The damning report by the National Confidential Enquiry into Patient Outcome and Death (NCEPOD) says the true situation is almost certainly worse as half of the 760 clinics surveyed refused to take part or failed to respond, despite their statutory obligation to do so.
It called for the Care Quality Commission (CQC) to tighten controls on the clinics and set "minimum requirements for surgeons... and surgical teams to be considered competent". It cited the example of Singapore, where regulators stipulate the minimum number of cosmetic procedures to be performed by individual surgeons.
Alex Goodwin, clinical co-ordinator for NCEPOD and a consultant anaesthetist, said: "Cosmetic surgery is far too dispersed, with too many teams prepared to 'have a go' at procedures that they rarely perform. And failures in monitoring patients after surgery are a recipe for disaster."
Demand for cosmetic surgery has boomed in the last decade as the use of artificial means to improve appearance has become increasingly accepted. But as a lifestyle choice rather than essential treatment it is almost exclusively done in the private sector.
The market analyst Mintel estimated in June that the market for cosmetic surgery was worth £2.3bn annually, of which three-quarters was accounted for by non-surgical procedures. Figures from the British Association of Aesthetic Plastic Surgeons, who do a third of all surgical procedures, show that demand doubled between 2004 and 2009, from 16,000 to over 36,000 operations. Nine out of 10 are carried out on women.
The lure of big profits has created an industry driven by marketing, with frequent special offers and breaches of guidelines on advertising, according to the report. Dr Goodwin said: "This may put undue pressure on those considering cosmetic surgery."
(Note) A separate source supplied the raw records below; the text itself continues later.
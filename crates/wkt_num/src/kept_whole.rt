//! The text of a whole number inside the text that it is read from.
ghost use Rattle.std.specs.Prelude.{◌≡◌, ◌≤◌, ◌<◌, ◌==◌, ℕ, Some, IfSome, MatchBool, length};
ghost use Rattle.wkt_num.specs.DigitParts.{IsWholeText, IsPrinted};

use crate::kept::{after_minus, first_other, is_of_run, others_from};

/// Where a whole number of at most so many digits ends that the bytes begin with, as it is printed, if it ends in a window.
#[inline(always)]
pub(crate) fn end_in_window(most: usize, bytes: &[u8]) -> Option<usize>
    requires { 32 ≤ length bytes.now }
    ensures whole { IfSome result (λ end. IsWholeText most bytes.now end) }
    ensures within { IfSome result (λ end. end < 32) }
    ensures finds { (end : ℕ) → IsWholeText most bytes.now end → end < 32 → result ≡ Some end }
{
    let first = after_minus(bytes);
    let others = others_from(bytes, first);
    let Some(end) = first_other(bytes, first, others) else {
        return None;
    };
    if !is_printed(most, bytes, first, end) || is_of_run(bytes[end]) {
        return None;
    }
    Some(end)
}

/// Whether these digits are so few, and no zero stands before others or after a minus.
#[inline(always)]
fn is_printed(most: usize, bytes: &[u8], first: usize, end: usize) -> bool
    requires order { first ≤ end }
    requires within { end ≤ length bytes.now }
    ensures { MatchBool result (IsPrinted most bytes.now first end) (IsPrinted most bytes.now first end → ⊥) }
{
    let count = end - first;
    if count == 0 || count > most {
        return false;
    }
    bytes[first] != b'0' || count == 1 && first == 0
}
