//! The text of a decimal inside the text that it is read from.
ghost use Rattle.std.specs.Prelude.{◌≡◌, ◌≢◌, ◌≤◌, ◌<◌, ◌+◌, ◌-◌, ◌==◌, ℕ, true, false, Some, IfSome, IfNone, MatchBool, length, take, slice_range, slice_index, slice_index_or};
ghost use Rattle.std.specs.Bool.{OnTrue, OnFalse};
ghost use Rattle.std.specs.Char.{is_ascii_digit};
ghost use Rattle.std.specs.Fmt.{sign_text};
ghost use Rattle.std.specs.Str.Parse.{AllDigits};
ghost use Rattle.wkt_num.specs.Bytes.{class_of, Run};
ghost use Rattle.wkt_num.specs.Decimal.{read_decimal, decimal_text};
ghost use Rattle.wkt_num.specs.Number.{KeepsText};
ghost use Rattle.wkt_num.specs.DigitParts.{IsWholePart, IsDecimalText, IsPlainDecimal, HasZeros, IsFirstOther, others_mask};

use crate::numbers::Places;
use std::simd::prelude::*;

/// Where the number run that the bytes begin with ends, and where its number's text does, if the run ends in a window. Each
/// text that is printed and ends there is found, if so few digits stand before its point that all such units fit.
#[inline(always)]
pub fn canonical_prefix(places: Places, bytes: &[u8]) -> Option<(usize, usize)>
    requires { 32 ≤ length bytes.now }
    ensures keeps { IfSome result (λ r. KeepsText (read_decimal 127 36 places) (decimal_text places) bytes.now r.0 r.1) }
    ensures within { IfSome result (λ r. r.0 < 32) }
    ensures finds { (end : ℕ) → IsDecimalText places bytes.now end → end < 32 → result ≡ Some (end, end) }
{
    let first = after_minus(bytes);
    let others = others_from(bytes, first);
    let Some(point) = first_other(bytes, first, others) else {
        return None;
    };
    if bytes[point] != b'.' {
        if !is_whole_number(places, bytes, first, point) || is_of_run(bytes[point]) {
            return None;
        }
        return Some((point, point));
    }
    let Some(end) = first_other(bytes, point + 1, others & (others - 1)) else {
        return None;
    };
    if is_of_run(bytes[end]) {
        return None;
    }
    if is_plain(places, bytes, first, end) {
        return Some((end, end));
    }
    if !is_whole_part(places, bytes, first, point) {
        return None;
    }
    kept_fraction(places, bytes, first, point, end)
}

/// The bytes of the window after a minus or none that are no digits, as bits.
#[inline(always)]
#[tactic(auto, using(crate::proofs::WindowDigits::minus_less))]
pub(crate) fn others_from(bytes: &[u8], first: usize) -> u64
    requires window { 32 ≤ length bytes.now }
    requires minus { first ≤ 1 }
    requires sign { take first bytes.now ≡ sign_text (first == 1) }
    ensures { result ≡ others_mask bytes.now first }
{
    // To take one away turns the lowest bit and those below it, which is that of the minus.
    let all = others(bytes);
    all & (all - first as u64)
}

/// The bytes of the window that are no digits, as bits.
#[inline(always)]
#[tactic(auto, using(crate::proofs::WindowDigits::mask_of))]
fn others(bytes: &[u8]) -> u64
    requires { 32 ≤ length bytes.now }
    ensures { result ≡ others_mask bytes.now 0 }
{
    let digits = u8x32::from_slice(bytes) - u8x32::splat(48);
    digits.simd_gt(u8x32::splat(9)).to_bitmask()
}

/// Where the digits from `from` on end, if they do so in the window: the lowest of these bits.
#[inline(always)]
pub(crate) fn first_other(bytes: &[u8], from: usize, others: u64) -> Option<usize>
    requires window { 32 ≤ length bytes.now }
    requires others { others ≡ others_mask bytes.now from }
    ensures some { IfSome result (λ at. IsFirstOther bytes.now from others at) }
    ensures none { IfNone result ((at : ℕ) → from ≤ at → at < 32 → is_ascii_digit (slice_index bytes.now at) ≡ true) }
{
    if others == 0 {
        return None;
    }
    Some(others.trailing_zeros() as usize)
}

/// What it answers of digits around a point, where the run ends with them.
#[inline(always)]
fn kept_fraction(
    places: Places,
    bytes: &[u8],
    first: usize,
    point: usize,
    end: usize,
) -> Option<(usize, usize)>
    requires sign { take first bytes.now ≡ sign_text (first == 1) }
    requires whole { IsWholePart places bytes.now first point }
    requires after { point < end }
    requires within { end ≤ length bytes.now }
    requires point { slice_index bytes.now point ≡ 46 }
    requires fraction { AllDigits 10 (slice_range bytes.now (point + 1) end) }
    requires stops { end < length bytes.now → class_of (slice_index bytes.now end) ≢ Run }
    ensures keeps { IfSome result (λ r. KeepsText (read_decimal 127 36 places) (decimal_text places) bytes.now r.0 r.1) }
    ensures end { IfSome result (λ r. r.0 ≡ end) }
    ensures finds { point + 1 < end → slice_index bytes.now (end - 1) ≢ 48 → end ≤ point + 1 + places → result ≡ Some (end, end) }
{
    let kept = before_zeros(bytes, point, end);
    if kept == point + 1 {
        return if is_minus_zero(bytes, first) {
            None
        } else {
            Some((end, point))
        };
    }
    if kept - point - 1 > places.places() as usize {
        return None;
    }
    Some((end, kept))
}

/// Where the digits begin: after a minus, if one stands first.
#[inline(always)]
pub(crate) fn after_minus(bytes: &[u8]) -> usize
    ensures within { result ≤ length bytes.now }
    ensures minus { result ≤ 1 }
    ensures sign { take result bytes.now ≡ sign_text (result == 1) }
    ensures none { result ≡ 0 → slice_index_or bytes.now 0 0 ≢ 45 }
{
    match bytes {
        [b'-', ..] => 1,
        _ => 0,
    }
}

/// Whether these digits, behind a minus or none, are a whole number as it is printed, with which the units fit. A zero that
/// stands first is the whole of it, so it ends behind one byte.
#[inline(always)]
fn is_whole_number(places: Places, bytes: &[u8], first: usize, end: usize) -> bool
    requires order { first ≤ end }
    requires within { end ≤ length bytes.now }
    requires minus { first ≤ 1 }
    requires digits { AllDigits 10 (slice_range bytes.now first end) }
    ensures whole { OnTrue result (IsWholePart places bytes.now first end) }
    ensures zero { OnTrue result (first ≡ 1 → slice_index bytes.now first ≢ 48) }
    ensures other { OnFalse result (IsWholePart places bytes.now first end → (first ≡ 1) × (slice_index bytes.now first ≡ 48)) }
{
    let count = end - first;
    if count == 0 || count > places.most_whole() {
        return false;
    }
    bytes[first] != b'0' || end == 1
}

/// Whether these digits are a whole part as it is printed, with which the units fit.
#[inline(always)]
fn is_whole_part(places: Places, bytes: &[u8], first: usize, point: usize) -> bool
    requires order { first ≤ point }
    requires within { point ≤ length bytes.now }
    requires digits { AllDigits 10 (slice_range bytes.now first point) }
    ensures { MatchBool result (IsWholePart places bytes.now first point) (IsWholePart places bytes.now first point → ⊥) }
{
    let count = point - first;
    if count == 0 || count > places.most_whole() {
        return false;
    }
    bytes[first] != b'0' || count == 1
}

/// Whether no zero stands first or last, nor the point, and all is so short that the units fit.
#[inline(always)]
fn is_plain(places: Places, bytes: &[u8], first: usize, end: usize) -> bool
    requires order { first < end }
    requires within { end ≤ length bytes.now }
    ensures { OnTrue result (IsPlainDecimal places bytes.now first end) }
{
    bytes[first] > b'0' && bytes[end - 1] > b'0' && end <= places.most_plain()
}

/// Whether a minus stands before a zero.
#[inline(always)]
fn is_minus_zero(bytes: &[u8], first: usize) -> bool
    requires { first < length bytes.now }
    ensures { MatchBool result ((first ≡ 1) × (slice_index bytes.now first ≡ 48)) (first ≡ 1 → slice_index bytes.now first ≢ 48) }
{
    bytes[first] == b'0' && first == 1
}

/// For each byte whether it is no part of a run: NUL, white space and marks.
static STOPS: [u8; 256] = [
    1, 0, 0, 0, 0, 0, 0, 0, 0, 1, 1, 0, 0, 1, 0, 0, 0, 0, 0, 0, 0, 0, 0, 0, 0, 0, 0, 0, 0, 0, 0, 0,
    1, 0, 0, 0, 0, 0, 0, 0, 1, 1, 0, 0, 1, 0, 0, 0, 0, 0, 0, 0, 0, 0, 0, 0, 0, 0, 0, 0, 0, 0, 0, 0,
    0, 0, 0, 0, 0, 0, 0, 0, 0, 0, 0, 0, 0, 0, 0, 0, 0, 0, 0, 0, 0, 0, 0, 0, 0, 0, 0, 0, 0, 0, 0, 0,
    0, 0, 0, 0, 0, 0, 0, 0, 0, 0, 0, 0, 0, 0, 0, 0, 0, 0, 0, 0, 0, 0, 0, 0, 0, 0, 0, 0, 0, 0, 0, 0,
    0, 0, 0, 0, 0, 0, 0, 0, 0, 0, 0, 0, 0, 0, 0, 0, 0, 0, 0, 0, 0, 0, 0, 0, 0, 0, 0, 0, 0, 0, 0, 0,
    0, 0, 0, 0, 0, 0, 0, 0, 0, 0, 0, 0, 0, 0, 0, 0, 0, 0, 0, 0, 0, 0, 0, 0, 0, 0, 0, 0, 0, 0, 0, 0,
    0, 0, 0, 0, 0, 0, 0, 0, 0, 0, 0, 0, 0, 0, 0, 0, 0, 0, 0, 0, 0, 0, 0, 0, 0, 0, 0, 0, 0, 0, 0, 0,
    0, 0, 0, 0, 0, 0, 0, 0, 0, 0, 0, 0, 0, 0, 0, 0, 0, 0, 0, 0, 0, 0, 0, 0, 0, 0, 0, 0, 0, 0, 0, 0,
];

/// Whether a byte is a part of a run.
#[inline(always)]
#[tactic(auto, using(crate::proofs::WindowDigits::table_reports))]
pub(crate) fn is_of_run(byte: u8) -> bool
    ensures { MatchBool result (class_of byte ≡ Run) (class_of byte ≢ Run) }
{
    STOPS[byte as usize] == 0
}

/// Where the zeros begin that end a fraction.
#[inline(always)]
#[tactic(auto, using(crate::proofs::DecimalParts::zero_more))]
fn before_zeros(bytes: &[u8], point: usize, end: usize) -> usize
    requires order { point < end }
    requires within { end ≤ length bytes.now }
    requires point { slice_index bytes.now point ≡ 46 }
    ensures after { point < result }
    ensures zeros { HasZeros bytes.now result end }
{
    let mut kept = end;
    while bytes[kept - 1] == b'0' {
        kept -= 1;
    }
    kept
}
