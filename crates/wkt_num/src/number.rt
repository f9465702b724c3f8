//! The numbers that coordinates are made of.
ghost use Rattle.std.specs.Prelude.{◌≡◌, ◌≤◌, ◌<◌, ℕ, true, List, Option, Some, IfSome, length, ◌↔◌};
ghost use Rattle.wkt_num.specs.Sink.{Puts};
ghost use Rattle.wkt_num.specs.Number.{IsNumberText, ReadsTexts, KeepsText, BeginsNumber};

use crate::sink::TextSink;
use std::fmt;
use std::fmt::Debug;

/// A number type that coordinates may have.
///
/// Each value has one text, a run that begins with a digit, a point or a minus, and that reads back as
/// the value. More texts than those that are printed may be read. No call takes memory.
pub trait WktNum: Copy + PartialEq + PartialOrd + Debug {
    /// Holds of the values of the type.
    ghost is_value: { Self → Type 0 };

    /// The text of a value.
    ghost num: { Self → List ℕ };

    /// What a text is read as.
    ghost read: { List ℕ → Option Self };

    /// The value that the text stands for, or `None` if it stands for none.
    fn read_number(text: &str) -> Option<Self>
        ensures { result ≡ read text.now };

    /// Adds the number's text to the sink. An error is the sink's.
    fn write_number<W: TextSink>(&self, f: &mut W) -> fmt::Result
        ensures { Puts W.sink f.old (num self.now) f.new result };

    /// Where the number run that 32 bytes or more begin with ends, and where its number's text does, which is a beginning of
    /// it, if the run ends within the first 32. `None` implies nothing about the bytes, unless the type says which texts it
    /// finds. Whole numbers and decimals do, in their own clauses.
    fn canonical_prefix(bytes: &[u8]) -> Option<(usize, usize)>
        requires { 32 ≤ length bytes.now }
        ensures keeps { IfSome result (λ r. KeepsText read num bytes.now r.0 r.1) }
        ensures within { IfSome result (λ r. r.0 < 32) }
    {
        None
    }

    /// The number that 32 bytes or more begin with, and where its run ends, which it does within the first 32. `None` implies
    /// nothing about the bytes.
    fn read_in_window(bytes: &[u8]) -> Option<(Self, usize)>
        requires { 32 ≤ length bytes.now }
        ensures reads { IfSome result (λ r. BeginsNumber read bytes.now r.0 r.1) }
        ensures within { IfSome result (λ r. r.1 < 32) }
    {
        None
    }

    /// Whether only bytes that are UTF-8 are read as numbers. `false` implies nothing.
    fn reads_texts() -> bool
        ensures { result ≡ true → ReadsTexts read }
    {
        false
    }

    /// Does nothing. Its contract says that the number is a value of the type.
    fn known(&self)
        ensures { is_value self.now };

    /// The text of a value reads back as the value.
    ghost reads_back: { (x : Self) → is_value x → read (num x) ≡ Some x };

    /// What is read is a value.
    ghost reads_values: { (bs : List ℕ) → IfSome (read bs) is_value };

    /// The text of a value is one number run.
    ghost number_text: { (x : Self) → is_value x → IsNumberText (num x) };

    /// `==` holds exactly for equal values.
    ghost same: { (x y : Self) → (Self.eq x y ≡ true) ↔ (x ≡ y) };
}
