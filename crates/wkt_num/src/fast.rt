//! Numbers of few digits, straight to 64 bits.
ghost use Rattle.std.specs.Prelude.{◌≡◌, ◌+◌, ◌-◌, ◌*◌, ◌^◌, ◌≤◌, ◌<◌, Some, IfSome, length, slice_range};
ghost use Rattle.std.specs.Str.Parse.{AllDigits, digits_value};
ghost use Rattle.wkt_num.specs.DigitParts.{BeginsUnits, ReadsDigits, SpellsAll};
ghost use Rattle.wkt_num.specs.Whole.{signed};

use crate::kept::{after_minus, is_of_run};
use crate::lanes::first_8;
use crate::powers::{SHORT_PLACES, ten_to};
use crate::reading::digits_from;
use std::simd::prelude::*;

/// A number that ends before this place is read in 64 bits.
const MOST: usize = 18;

/// As many digits of units surely fit 64 bits without a sign.
const MOST_DIGITS: usize = 19;

/// The number that the bytes begin with, in units of ten to the minus `places`, and where its run ends. `None` implies
/// nothing: the run is none, or has more digits, or more follow the point than there are places, or the units don't fit.
#[inline(always)]
pub fn fast_units(places: u32, bytes: &[u8]) -> Option<(i64, usize)>
    ensures { IfSome result (λ r. BeginsUnits places bytes.now r.0 r.1) }
{
    if places > SHORT_PLACES {
        return None;
    }
    // Two calls, so that the place is a constant in the common one.
    if bytes.len() < MOST {
        units_before(places, bytes, bytes.len())
    } else {
        units_before(places, bytes, MOST)
    }
}

/// The number that the bytes begin with, and where its run ends, if it does so before this place.
#[inline(always)]
fn units_before(places: u32, bytes: &[u8], most: usize) -> Option<(i64, usize)>
    requires places { places ≤ 18 }
    requires few { most ≤ 18 }
    requires within { most ≤ length bytes.now }
    ensures { IfSome result (λ r. BeginsUnits places bytes.now r.0 r.1) }
{
    let first = after_minus(bytes);
    let (whole, point) = digits_from(bytes, first, most, 0);
    if point == first || point >= most || point - first + places as usize > MOST_DIGITS {
        return None;
    }
    if bytes[point] == b'.' {
        let (all, end) = fraction_from(bytes, point + 1, most, whole);
        let after = end - point - 1;
        if end >= most || is_of_run(bytes[end]) || after > places as usize {
            return None;
        }
        let units = scaled(first == 1, all, ten_to(places - after as u32))?;
        return Some((units, end));
    }
    if is_of_run(bytes[point]) {
        return None;
    }
    let units = scaled(first == 1, whole, ten_to(places))?;
    Some((units, point))
}

/// The number followed by the digits from `from` on and before `most`, and where they end. They are read at once where
/// they are few.
#[inline(always)]
fn fraction_from(bytes: &[u8], from: usize, most: usize, number: u64) -> (u64, usize)
    requires few { most ≤ 18 }
    requires within { most ≤ length bytes.now }
    requires order { from ≤ most }
    requires small { number < 10 ^ from }
    ensures { ReadsDigits bytes.now from most number result.0 result.1 }
{
    if most - from < 8 {
        return digits_from(bytes, from, most, number);
    }
    match fast_digits(bytes, from) {
        Some((fraction, count)) => (number * ten_to(count as u32) + fraction, from + count),
        None => digits_from(bytes, from, most, number),
    }
}

/// The number that the digits from `from` on spell, and how many they are, if a byte that is none follows one to seven of
/// them. `None` implies nothing.
#[inline(always)]
#[tactic(auto, using(crate::proofs::DigitLanes::first_lanes))]
fn fast_digits(bytes: &[u8], from: usize) -> Option<(u64, usize)>
    requires within { from + 8 ≤ length bytes.now }
    ensures some { IfSome result (λ r. 0 < r.1) }
    ensures few { IfSome result (λ r. r.1 < 8) }
    ensures digits { IfSome result (λ r. AllDigits 10 (slice_range bytes.now from (from + r.1))) }
    ensures value { IfSome result (λ r. r.0 ≡ digits_value 10 (slice_range bytes.now from (from + r.1))) }
{
    let digits = u8x8::from_slice(&bytes[from..]) - u8x8::splat(48);
    let count = digits.simd_gt(u8x8::splat(9)).to_bitmask().trailing_zeros() as usize;
    if count == 0 || count > 7 {
        return None;
    }
    Some((first_8(digits, count), count))
}

/// So many times a number, with a minus or without, if 64 bits hold it.
#[inline(always)]
fn scaled(negative: bool, number: u64, times: u64) -> Option<i64>
    requires { number * times < 2 ^ 64 }
    ensures is { IfSome result (λ units. units ≡ signed negative (number * times)) }
    ensures fits { IfSome result (λ _. number * times < 2 ^ 63) }
{
    let units = number * times;
    if units > i64::MAX as u64 {
        return None;
    }
    let units = units as i64;
    Some(if negative { -units } else { units })
}

/// What all bytes from `first` on spell, if they are digits, and the bytes are at most `most`.
#[inline(always)]
pub(crate) fn digits_of_all(most: usize, bytes: &[u8], first: usize) -> Option<u64>
    requires few { most ≤ 18 }
    requires minus { first ≤ length bytes.now }
    ensures { IfSome result (λ digits. SpellsAll most bytes.now first digits) }
{
    if bytes.len() > most {
        return None;
    }
    let (digits, end) = digits_from(bytes, first, bytes.len(), 0);
    if end == first || end < bytes.len() {
        return None;
    }
    Some(digits)
}
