//! Laws on earlier forms of this library, which read fewer bits or fewer places: what a store wrote then keeps its
//! meaning. Nobody who begins today needs them.
ghost use Rattle.wkt_num.specs.Decimal.{ReadsAsBefore, PrintsAsBefore, FinerKeeps};

/// Each text that was read over 63 bits beside the sign is read over 127 as the same number of
/// units, and each number of units that fits 63 bits is printed as it was.
pub fn wider_keeps()
    ensures reads { ReadsAsBefore }
    ensures prints { PrintsAsBefore }
{}

/// Each text that six places read over 63 bits beside the sign, eighteen places read as a number that
/// is printed the same.
pub fn finer_keeps()
    ensures { FinerKeeps }
{}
The lack of psychological assessment of patients increased the risks in those "who may be vulnerable or have unrealistic expectations, before they consent to treatment". Only a third of clinics did routine psychological assessments and just a third operated a two-stage consent process, allowing patients a 'cooling off' period, before going ahead with the surgery.
The inquiry found that less than half (44 per cent) of operating theatres were fully equipped for cosmetic surgery, and almost a third of hospitals with in-patient beds did not have a consultant anaesthetist on duty for emergencies at all times.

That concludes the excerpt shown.